Bob asked if an employee’s
economic value to an employer depends on the skills they bring to the job. Tim replied that he didn’t think that was
fair and this set off another minor back and forth, then a long speech by Tim
ending with Apple as an example of a company whose three most important things
are its employees, its customers and its suppliers. Its investors are just along for the ride and
don’t matter to Apple – so says Tim O’Reilly.
Bob pointed out that the
investors being described are in the secondary market for the stock – Tim more
or less agreed, but said in effect, an investor who owns a big chunk of stock
has no right to demand that more of the corporation’s cash be returned to
investors as dividends.
After the break:
·
What about
calls to break up these outfits like Amazon, Facebook, etc? Answer: companies like these have to think about the
systemic ecosystem in which they exist.
·
Bernie from
Westlake Village CA weighed in by asking the guest if he ever employed people
and how many? The guest said he employs
about 500 people. Bernie pointed out
that artificially raising wages increases automation.
·
Tim responded
that the market dictates what skills are worth (a concept he seems to disagree
with).
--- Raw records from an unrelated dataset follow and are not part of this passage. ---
//! The programs of the tour in README, each on its feed: the lines become frames, the program runs on these, and its
//! frames become lines again. `tools/tour` holds the texts here to the files of `examples/` and to README.

use crate::outside::is_done;
use std::alloc::Global;
use std::test::Fail;

/// A program, the lines of its feed, and those of its answer.
struct Example {
    text: &'static str,
    feed: &'static str,
    answer: &'static str,
}

const SWAP: Example = Example {
    text: "// Two numbers side by side, each put out on the other side.
main(x : Int, y : Int) : Int || Int = (y, x)
",
    feed: "L int 1\nR int 2\n",
    answer: "R int 1\nL int 2\n",
};

const TWICE: Example = Example {
    text: "// A number, put out on both sides.
main(x : Int) : Int || Int = (x, x)
",
    feed: "int 7\n",
    answer: "L int 7\nR int 7\n",
};

const PAIR: Example = Example {
    text: "// One number after another.
main(x : Int; y : Int) : Int . Int = (x; y)
",
    feed: "F int 1\ncut\nint 2\n",
    answer: "F int 1\ncut\nint 2\n",
};

const DOUBLE: Example = Example {
    text: "// Each number of a feed, doubled.
fun twice(xs : Int*) : Int* =
  case xs of { nil => nil | y :: ys => wait y in ({y * 2} :: twice(ys)) }
main(xs : Int*) : Int* = twice(xs)
",
    feed: "item\nF int 3\ncut\nitem\nF int 5\ncut\nend\n",
    answer: "item\nF int 6\ncut\nitem\nF int 10\ncut\nend\n",
};

const SUMS: Example = Example {
    text: "// The sum of the numbers so far, at each number.
fun sums{n : Int}(xs : Int*) : Int* =
  case xs of { nil => nil | y :: ys => wait y in ({n + y} :: sums{n + y}(ys)) }
main(xs : Int*) : Int* = sums{0}(xs)
",
    feed: "item\nF int 2\ncut\nitem\nF int 3\ncut\nend\n",
    answer: "item\nF int 2\ncut\nitem\nF int 5\ncut\nend\n",
};

const TOTAL: Example = Example {
    text: "// The sum of a whole feed, once it has ended.
main(xs : Int*) : Int = wait xs in {fold xs from 0 with a, y . a + y}
",
    feed: "item\nF int 2\ncut\nitem\nF int 3\ncut\nend\n",
    answer: "int 5\n",
};

const WATCH: Example = Example {
    text: "// Passes each reading on, and beside it an alarm for each that is above 100.
fun watch(xs : Int*) : Int* || 1* =
  case xs of {
    nil => (nil, nil)
  | y :: ys => wait y in
      let (good, alarms) = watch(ys) in
      ({y} :: good, if 100 < y then (() :: alarms) else alarms)
  }
main(xs : Int*) : Int* || 1* = watch(xs)
",
    feed: "item\nF int 7\ncut\nitem\nF int 200\ncut\nend\n",
    answer: "L item\nL F int 7\nL cut\nL item\nL F int 200\nL cut\nR item\nR F one\nR cut\nL end\nR end\n",
};

const MERGE: Example = Example {
    text: "// Two feeds that rise, merged into one that rises.
fun merge(xs : Int*, ys : Int*) : Int* =
  case xs of {
    nil => ys
  | x :: xt => wait x in
      case ys of {
        nil => {x} :: xt
      | y :: yt => wait y in
          if x < y then {x} :: merge(xt, {y} :: yt) else {y} :: merge({x} :: xt, yt)
      }
  }
main(xs : Int*, ys : Int*) : Int* = merge(xs, ys)
",
    feed: "L item\nL F int 1\nR item\nR F int 2\nL cut\nL item\nL F int 4\nR cut\nR item\nR F int 3\nL cut\nL end\nR cut\nR end\n",
    answer: "item\nF int 1\ncut\nitem\nF int 2\ncut\nitem\nF int 3\ncut\nitem\nF int 4\ncut\nend\n",
};

const JOIN: Example = Example {
    text: "// Two feeds of keys with values, whose keys rise, joined where the keys are equal.
type Row = Int . Int
fun join(xs : Row*, ys : Row*) : (Int . Int . Int)* =
  case xs of {
    nil => nil
  | x :: xt => wait x in
      case ys of {
        nil => nil
      | y :: yt => wait y in
          if fst x = fst y then {(fst x, (snd x, snd y))} :: join(xt, yt)
          else if fst x < fst y then join(xt, {y} :: yt)
          else join({x} :: xt, yt)
      }
  }
main(xs : Row*, ys : Row*) : (Int . Int . Int)* = join(xs, ys)
",
    feed: "R item\nR F F int 1\nR F cut\nR F int 10\nR cut\nR item\nR F F int 3\nR F cut\nR F int 30\nL item\nL F F int 2\nL F cut\nL F int 200\nL cut\nL item\nL F F int 3\nL F cut\nL F int 300\nR cut\nR end\nL cut\nL end\n",
    answer: "item\nF F int 3\nF cut\nF F int 300\nF cut\nF int 30\ncut\nend\n",
};

const SESSIONS: Example = Example {
    text: "// A feed of numbers and marks, cut into a feed of sessions at each mark.
fun session(xs : (Int + 1)*) : Int* . (Int + 1)* =
  case xs of {
    nil => (nil; nil)
  | x :: xt => case x of {
      inl n => let (ns; rest) = session(xt) in (n :: ns; rest)
    | inr mark => (nil; xt)
    }
  }
fun sessions(xs : (Int + 1)*) : Int** =
  case xs of {
    nil => nil
  | x :: xt => let (ns; rest) = session(x :: xt) in ns :: sessions(rest)
  }
main(xs : (Int + 1)*) : Int** = sessions(xs)
",
    feed: "item\nF inl\nF int 5\ncut\nitem\nF inl\nF int 6\ncut\nitem\nF inr\nF one\ncut\nitem\nF inl\nF int 7\ncut\nend\n",
    answer: "item\nF item\nF F int 5\nF cut\nF item\nF F int 6\nF cut\nF end\ncut\nitem\nF item\nF F int 7\nF cut\nF end\ncut\nend\n",
};

const TOUR: &[Example] = &[
    SWAP, TWICE, PAIR, DOUBLE, SUMS, TOTAL, WATCH, MERGE, JOIN, SESSIONS,
];

// Whether the frames of the feed are answered by the frames of the answer, with each of the three commands done.
fn is_answered(alloc: Global, example: &Example) -> Result<bool, Fail> {
    let text = example.text.as_bytes();
    let mut frames = Vec::new(alloc);
    let mut output = Vec::new(alloc);
    let mut lines = Vec::new(alloc);
    let framed = is_done(
        alloc,
        "text --frames",
        text,
        example.feed.as_bytes(),
        &mut frames,
    )?;
    let ran = is_done(alloc, "run program", text, &frames, &mut output)?;
    let told = is_done(alloc, "text", text, &output, &mut lines)?;
    Ok(framed && ran && told && lines.as_slice() == example.answer.as_bytes())
}

// The number of examples before the first that is answered otherwise, or none.
fn first_wrong(alloc: Global, examples: &[Example]) -> Result<Option<usize>, Fail> {
    for k in 0..examples.len() {
        if !is_answered(alloc, &examples[k])? {
            return Ok(Some(k));
        }
    }
    Ok(None)
}

#[test]
fn examples_are_answered(rt: HostRuntime) -> Result<(), Fail> {
    assert_eq!(rt; first_wrong(rt.alloc(), TOUR)?, None);
    Ok(())
}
He said there is more to rates
of pay than the simplistic notion of the market.
·
Bob jumped in
and hammered Wal Mart for making a big deal out of their announcement to raise
wages from $9 to $11 per hour as a result of the tax cuts. He criticized Wal Mart for keeping wages so
low for so long and shorting employees on medical coverage for so long.
·
Bob mentioned
his theme that Congress should have indexed the minimum wage to inflation a
long time ago and the guest agreed.
The guest gave such long
winded answers that Bob had to interrupt him a couple of times to get the next
question in. I looked him up on the
interweb, and he was born in 1954. He is
older than he sounded over the radio – I thought he was much younger.
Honey here: This guest could go in the running for the all-time Moneytalk most boring - but your summary certainly made a "silk purse" out of it. I got the strong feeling that Brinker was having a problem finding any periods when the Tim O'Reilly was having his one-man jabberfest. :)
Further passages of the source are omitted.